The current Senate is unlikely to take up the three measures. But House leaders are likely to reintroduce the bills next year in the new Congress, where a Republican-controlled Senate may consider them. If the bills land on President Barack Obama’s desk, the White House says, he intends to veto them.
The first of these measures—H.R. 1422, which the House passed on Nov. 18—would change the way EPA selects external experts for its Science Advisory Board. The bill opens the door to more members from industry. It also would require advisers to provide written responses to “significant comments” from the public, a move that several former board chairs say would significantly slow the panel’s work. In addition, the bill would prohibit experts from participating in advisory activities that “directly or indirectly involve review and evaluation of their own work.”
The House passed the second bill, the proposed Secret Science Reform Act, on Nov. 19. This measure, H.R. 4012, would require EPA to base its regulatory actions solely on publicly available scientific data. Critics point out that the bill would preclude EPA from using peer-reviewed medical studies that commonly protect confidential patient information from public release.
H.R. 4012 targets EPA’s Clean Air Act regulations, which the agency in part bases on the results of clinical studies. “Nearly every major air quality regulation from this Administration has been justified by data that have been kept secret,” says House Science, Space & Technology Committee Chairman Lamar Smith (R-Texas).

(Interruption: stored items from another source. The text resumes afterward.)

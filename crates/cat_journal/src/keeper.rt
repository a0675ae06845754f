//! A keeper over a journal.
ghost use Rattle.std.specs.Prelude.{◌≡◌, ◌≢◌, ◌≤◌, ◌+◌, ◌++◌, true, false, [], IfOk, OnOk, List, codes, decimal};
ghost use Rattle.std.specs.FinMap.Entries.{put};
ghost use Rattle.cat_io.specs.Causes.{Rose};
ghost use Rattle.cat_keeper.specs.Store.{Changes, Rows, row_cmp};
ghost use Rattle.cat_journal.specs.Scanning.{GivesScan, AreDurable, content_read};
ghost use Rattle.cat_journal.specs.Stands.{Stands, IsSafeLoaded, IsSafeCommit};
ghost use Rattle.cat_keeper.specs.Answers.{Loads, Commits};
ghost use Rattle.cat_journal.specs.Keeps.{told, damage_rows, IsDamage};
ghost use Rattle.cat_keeper.specs.declared.keeper.Place.{Place};

use crate::commit::put;
use crate::gate::Put;
use crate::load::{Known, Loading, load_rows};
use crate::records::record;
use cat_collections::map::Map;
use cat_disk::Disk;
use cat_keeper::keeper::{Committed, Keeper, Loaded, Place};
use cat_keeper::rows::{Batch, StoredRows};
use cat_keeper::table::Table;
use cat_tree::text::Text;
use std::alloc::{AllocError, Global};
use std::marker::Model;

/// A keeper of rows in a journal on a disk. It makes no use of the place.
///
/// Before the first load, and after a load that wasn't good, each commit fails and counts a fault of the keeper's own. A load is
/// good where it gave rows and found no damage. Damage is handed up as two rows of the counters, `arrival` with the text `1` and
/// `journal P` with no text, where P is the position of the damage, so that an opening names it. The file never shrinks.
#[derive(Drop)]
pub struct JournalKeeper<D: Disk> {
    disk: D,
    known: Known,
    ready: bool,
    refusals: u64,
}

impl<D: Disk> Model for JournalKeeper<D> {
    ghost use Rattle.std.specs.Prelude.{◌+◌};
    ghost use Rattle.cat_journal.specs.Keeps.{JournalState, IsKept};

    ghost Value = { JournalState };

    ghost view = { λ k. record { moments = D.moments k.disk; content = D.content k.disk; known = k.known; ready = k.ready; faults = D.faults k.disk + k.refusals } };

    ghost invariant = { λ k. IsKept k.known k.ready (record { moments = D.moments k.disk; content = D.content k.disk }) };
}

// The key under which damage at a position is handed up.
fn damage_key(alloc: Global, place: u64) -> Result<Text, AllocError>
    ensures { IfOk result (λ t. t ≡ codes "journal " ++ decimal place) }
{
    Ok(Text::from_string(format!(in alloc; "journal {place}")?))
}

// A text under a key among the counters.
fn put_counter(
    alloc: Global,
    rows: &mut StoredRows,
    key: Text,
    text: &str,
) -> Result<(), AllocError>
    ensures { OnOk result (rows.new ≡ put row_cmp (Table.Counters, key) text.now rows.old) }
{
    let text = Text::of(alloc, text)?;
    rows.put(alloc, (Table::Counters, key), text)
}

// The rows by which damage at a position is handed up.
fn damage(alloc: Global, place: u64) -> Result<StoredRows, AllocError>
    ensures { IfOk result (λ rows. rows ≡ damage_rows place) }
{
    let mut rows = Map::new();
    let key = Text::of(alloc, "arrival")?;
    put_counter(alloc, &mut rows, key, "1")?;
    let key = damage_key(alloc, place)?;
    put_counter(alloc, &mut rows, key, "")?;
    Ok(rows)
}

// Hands up damage at a position.
fn damaged(alloc: Global, place: u64) -> Loaded
    ensures { IsDamage place result }
{
    match damage(alloc, place) {
        Ok(rows) => Loaded::Rows(rows),
        Err(_) => Loaded::NoMemory,
    }
}

impl<D: Disk> JournalKeeper<D> {
    /// A keeper over a disk, which it doesn't call. It takes no memory.
    pub fn over(disk: D) -> JournalKeeper<D>
        ensures { result ≡ record { moments = D.moments disk; content = D.content disk; known = Known.Nothing; ready = false; faults = D.faults disk + 0 } }
    {
        JournalKeeper {
            disk,
            known: Known::Nothing,
            ready: false,
            refusals: 0,
        }
    }

    /// The disk on which the journal is.
    pub fn disk(&self) -> &D
        ensures moments { D.moments result.now ≡ self.now.moments }
        ensures content { D.content result.now ≡ self.now.content }
    {
        &self.disk
    }
}

impl<D: Disk> Keeper for JournalKeeper<D> {
    ghost tables = { λ place k. told k.known k.moments k.content };

    ghost faults = { λ k. k.faults };

    fn load(&mut self, alloc: Global, _place: &Place) -> Loaded
        ensures tables { Loads (told self.old.known self.old.moments self.old.content) (told self.new.known self.new.moments self.new.content) result }
        ensures later { self.old.faults ≤ self.new.faults }
        ensures cause { result ≡ Loaded.Failed → Rose self.old.faults self.new.faults }
        // The rows of a journal stand, whatever crash comes, and are what is given.
        ensures crash { (base : Rows) (more : List Changes) → Stands base more self.old.known (record { moments = self.old.moments; content = self.old.content }) → IsSafeLoaded base more (record { moments = self.old.moments; content = self.old.content }) (record { moments = self.new.moments; content = self.new.content }) self.new.known result }
        // Where the disk tells its content, what is given is what a scan of it gives: its rows, or the two that name the place where it is
        // damaged.
        ensures scanned { self.old.moments ≢ [] → GivesScan (content_read self.old.known self.old.content) self.new.content result self.new.ready }
        // After a good load a crash leaves only content of which a scan gives the same rows.
        ensures durable { self.old.moments ≢ [] → self.new.ready ≡ true → AreDurable self.new.moments self.new.content result }
    {
        let (known, loading) = load_rows(alloc, &mut self.disk, self.known);
        self.known = known;
        self.ready = false;
        match loading {
            Loading::Found(rows) => {
                self.ready = true;
                Loaded::Rows(rows)
            }
            Loading::Damaged(place) => damaged(alloc, place),
            Loading::Failed => Loaded::Failed,
            Loading::NoMemory => Loaded::NoMemory,
        }
    }

    fn commit(&mut self, alloc: Global, batch: &Batch) -> Committed
        ensures tables { (place : Place) → Commits (told self.old.known self.old.moments self.old.content) (told self.new.known self.new.moments self.new.content) result batch.now }
        ensures later { self.old.faults ≤ self.new.faults }
        ensures cause { result ≡ Committed.Failed → Rose self.old.faults self.new.faults }
        // The rows of a journal stand, whatever crash comes, with the batch once it is kept.
        ensures crash { (base : Rows) (more : List Changes) → Stands base more self.old.known (record { moments = self.old.moments; content = self.old.content }) → IsSafeCommit base more batch.now (record { moments = self.old.moments; content = self.old.content }) (record { moments = self.new.moments; content = self.new.content }) self.new.known result }
        // Where the last load wasn't good, nothing is done.
        ensures unready { self.old.ready ≡ false → result ≡ Committed.Failed }
    {
        if !self.ready {
            self.refusals = self.refusals.saturating_add(1);
            return Committed::Failed;
        }
        let Ok(text) = record(alloc, batch) else {
            return Committed::NoMemory;
        };
        let (known, put) = put(&mut self.disk, self.known, &text);
        self.known = known;
        match put {
            Put::Kept => Committed::Kept,
            Put::Behind => Committed::Failed,
            Put::AtGate => Committed::Failed,
        }
    }
}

Smith has unsuccessfully sought the clinical data used in support of recent air regulations. He says H.R. 4012 will promote transparency, adding, “Costly environmental regulations should only be based upon data that are available to independent scientists and the public.”
EPA Administrator Gina McCarthy has said the protection of patients’ confidential health data isn’t tantamount to keeping research secret.
The American Chemistry Council, a chemical industry trade group, argues that H.R. 4012 would improve “the disclosure of information underpinning the agency’s decisions.”
The House approved the third bill in the package today. The industry-backed measure, H.R. 4795, would make it easier for manufacturers to obtain air pollution permits from EPA. Democrats opposed the proposed measure, arguing that it would weaken clean air protections.